Usopp, you lunatic genius.
By all logic—by every scientific principle I could remember—I should’ve been fried. Turned into a charred husk clinging to the helm. But this was the world of One Piece. And this was one of Usopp’s ideas, which meant that logic had politely excused itself from the conversation a long time ago.
I caught my breath, grabbed the harpoon beside me, and stabbed into the water at the fish that had floated to the surface—electrocuted and stunned by the bolt. Two pierced cleanly. I pulled them in. Food.
But then I saw it.
A wave.
No—a mountain of water. Towering in the distance. Racing toward me.
It wasn’t just big. It was biblical in its own way. The kind of wave sailors carve into myths and whisper about when the wind dies.
It raced towards me swallowing every smaller waves in front of me.
I bolted for the cabin and slammed the door shut behind me.

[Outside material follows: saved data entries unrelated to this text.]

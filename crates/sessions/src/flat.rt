// A label kind of one byte whose raising does nothing, so that an offset may lack its colour.
ghost use Rattle.sessions.specs.Flats.{flat};

use hashes::function::LabelFunction;
use labels::kind::Label;

#[derive(Clone, Copy)]
pub struct Flat {
    pub byte: u8,
}

impl Label for Flat {
    ghost kind = { flat };

    fn zero() -> Flat {
        Flat { byte: 0 }
    }

    fn xor(self, other: Flat) -> Flat {
        Flat {
            byte: self.byte ^ other.byte,
        }
    }

    fn colour(self) -> bool {
        self.byte % 2 == 1
    }

    fn raise(self) -> Flat {
        self
    }

    fn same(self, other: Flat) -> bool {
        self.byte == other.byte
    }

    fn low_bits(self, m: u32) -> u16 {
        (u32::from(self.byte) % (1 << m)) as u16
    }

    fn width() -> usize {
        1
    }

    fn write(self, out: &mut [u8]) {
        out[0] = self.byte;
    }

    fn read(bytes: &[u8]) -> Flat {
        Flat { byte: bytes[0] }
    }
}

// The function that answers the label itself, so that the offset is the seed.
#[derive(Clone, Copy)]
pub struct SameFunction;

impl LabelFunction<Flat> for SameFunction {
    ghost means = { λ label _. label };

    fn answer(label: Flat, _tweak: u64) -> Flat {
        label
    }
}
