// From a line of the input to what it asks for.

use crate::call::{EvaluatorCall, Front, GarblerCall, On, Task};
use crate::circuits::{Circuits, cut};
use anyhow::{Context, bail};
use std::alloc::Global;
use words::Words;

fn on<'a>(circuits: &'a Circuits, words: &mut Words) -> anyhow::Result<On<'a>> {
    Ok(On {
        circuit: circuits.front(words.word())?,
        wires: words.size()?,
    })
}

fn label(words: &mut Words) -> anyhow::Result<u16> {
    let word = words.word();
    u16::from_str_radix(word, 16).context(format_args!("reading {word:?}"))
}

// `HEX`, or `HEX:2` for its first two bytes.
fn front(heap: Global, words: &mut Words) -> anyhow::Result<Front> {
    let (digits, count) = cut(words.word())?;
    let bytes = hex::decode(heap, digits)?;
    Ok(Front { bytes, count })
}

fn garbler_call<'a>(
    heap: Global,
    circuits: &'a Circuits,
    name: &str,
    words: &mut Words,
) -> anyhow::Result<GarblerCall<'a>> {
    let on = on(circuits, words)?;
    let call = match name {
        "open" => GarblerCall::Open {
            on,
            seed: front(heap, words)?,
        },
        "garble" => GarblerCall::Garble {
            on,
            scratch: words.size()?,
            material: words.size()?,
        },
        "encode" => GarblerCall::Encode {
            on,
            input: words.size()?,
            bit: words.byte()?,
        },
        "colours" => GarblerCall::Colours {
            on,
            length: words.size()?,
        },
        _ => GarblerCall::Certify {
            on,
            output: words.size()?,
            label: label(words)?,
        },
    };
    Ok(call)
}

fn evaluator_call<'a>(
    heap: Global,
    circuits: &'a Circuits,
    name: &str,
    words: &mut Words,
) -> anyhow::Result<EvaluatorCall<'a>> {
    let on = on(circuits, words)?;
    let call = match name {
        "join" => EvaluatorCall::Join { on },
        "deliver" => EvaluatorCall::Deliver {
            on,
            input: words.size()?,
            label: label(words)?,
        },
        "evaluate" => EvaluatorCall::Evaluate {
            on,
            scratch: words.size()?,
            material: words.size()?,
        },
        _ => EvaluatorCall::Decode {
            on,
            colours: front(heap, words)?,
            length: words.size()?,
        },
    };
    Ok(call)
}

// `wipe garbler WIRES`, or `wipe other garbler WIRES`; so too for the evaluator.
fn wipe<'a>(words: &mut Words) -> anyhow::Result<Task<'a>> {
    let first = words.word();
    let party = if first == "other" {
        words.word()
    } else {
        first
    };
    let wires = words.size()?;
    match (first, party) {
        ("garbler", _) => Ok(Task::Garbler(GarblerCall::Wipe { wires })),
        ("evaluator", _) => Ok(Task::Evaluator(EvaluatorCall::Wipe { wires })),
        ("other", "garbler") => Ok(Task::OtherGarbler { wires }),
        ("other", "evaluator") => Ok(Task::OtherEvaluator { wires }),
        _ => bail!("{party:?} is no party"),
    }
}

// What a line asks for. The circuits are read before.
pub fn read_task<'a>(heap: Global, circuits: &'a Circuits, line: &str) -> anyhow::Result<Task<'a>> {
    let mut words = Words::new(line);
    let name = words.word();
    let task = match name {
        "" | "#" | "circuit" | "copy" => return Ok(Task::Nothing),
        "counts" => Task::Counts(words.count()?, words.count()?),
        "send" => Task::Send,
        "material" => Task::Material(hex::decode(heap, words.word())?),
        "open" | "garble" | "encode" | "colours" | "certify" => {
            Task::Garbler(garbler_call(heap, circuits, name, &mut words)?)
        }
        "join" | "deliver" | "evaluate" | "decode" => {
            Task::Evaluator(evaluator_call(heap, circuits, name, &mut words)?)
        }
        "missing" => Task::Evaluator(EvaluatorCall::Missing),
        "state" => Task::Evaluator(EvaluatorCall::State),
        "wipe" => wipe(&mut words)?,
        _ => bail!("{name:?} is no call"),
    };
    words.end()?;
    Ok(task)
}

The boat began to rise. Slowly, unnaturally. My knees bent. The floor tilted under my boots as if the sea itself had decided to lift the vessel like a toy.
The wave hit.
The boat didn’t crash into it—it plunged through it.
Water burst through the door instantly, splintering it off its hinges. Windows exploded inward. The cabin flooded in a heartbeat. A wall of cold saltwater smashed into my chest, throwing me against the far wall. For a second, I couldn’t tell which way was up.
I sucked in a final breath as my head breached the only air pocket left in the cabin before the entire room filled. I grabbed the beam overhead, struggling to keep myself oriented.
I felt the boat dive under. It was like being pulled into a whirlpool wrapped in a landslide. Everything spun. The world tilted. And then—
Light.
The boat surfaced, thrown violently back into the air by the end of the wave’s pull.
I hit the floor hard, gasping and coughing out seawater.
For a moment, all I could hear was the blood in my ears and the groaning of wood.
I stayed down for a few seconds. Maybe a minute. Just breathing. Letting the shock pass through me.
When I could move again, I crawled through the wreckage of the cabin, my limbs stiff and heavy. My knuckles were scraped. My vision blurred from salt. But I checked what mattered.
Crates: shattered. Their contents gone. Lost to the sea. Tools. Rope. Food. Most of it.
My belt: still buckled.
Grenades and bullets. Untouched by the chaos. Miraculously.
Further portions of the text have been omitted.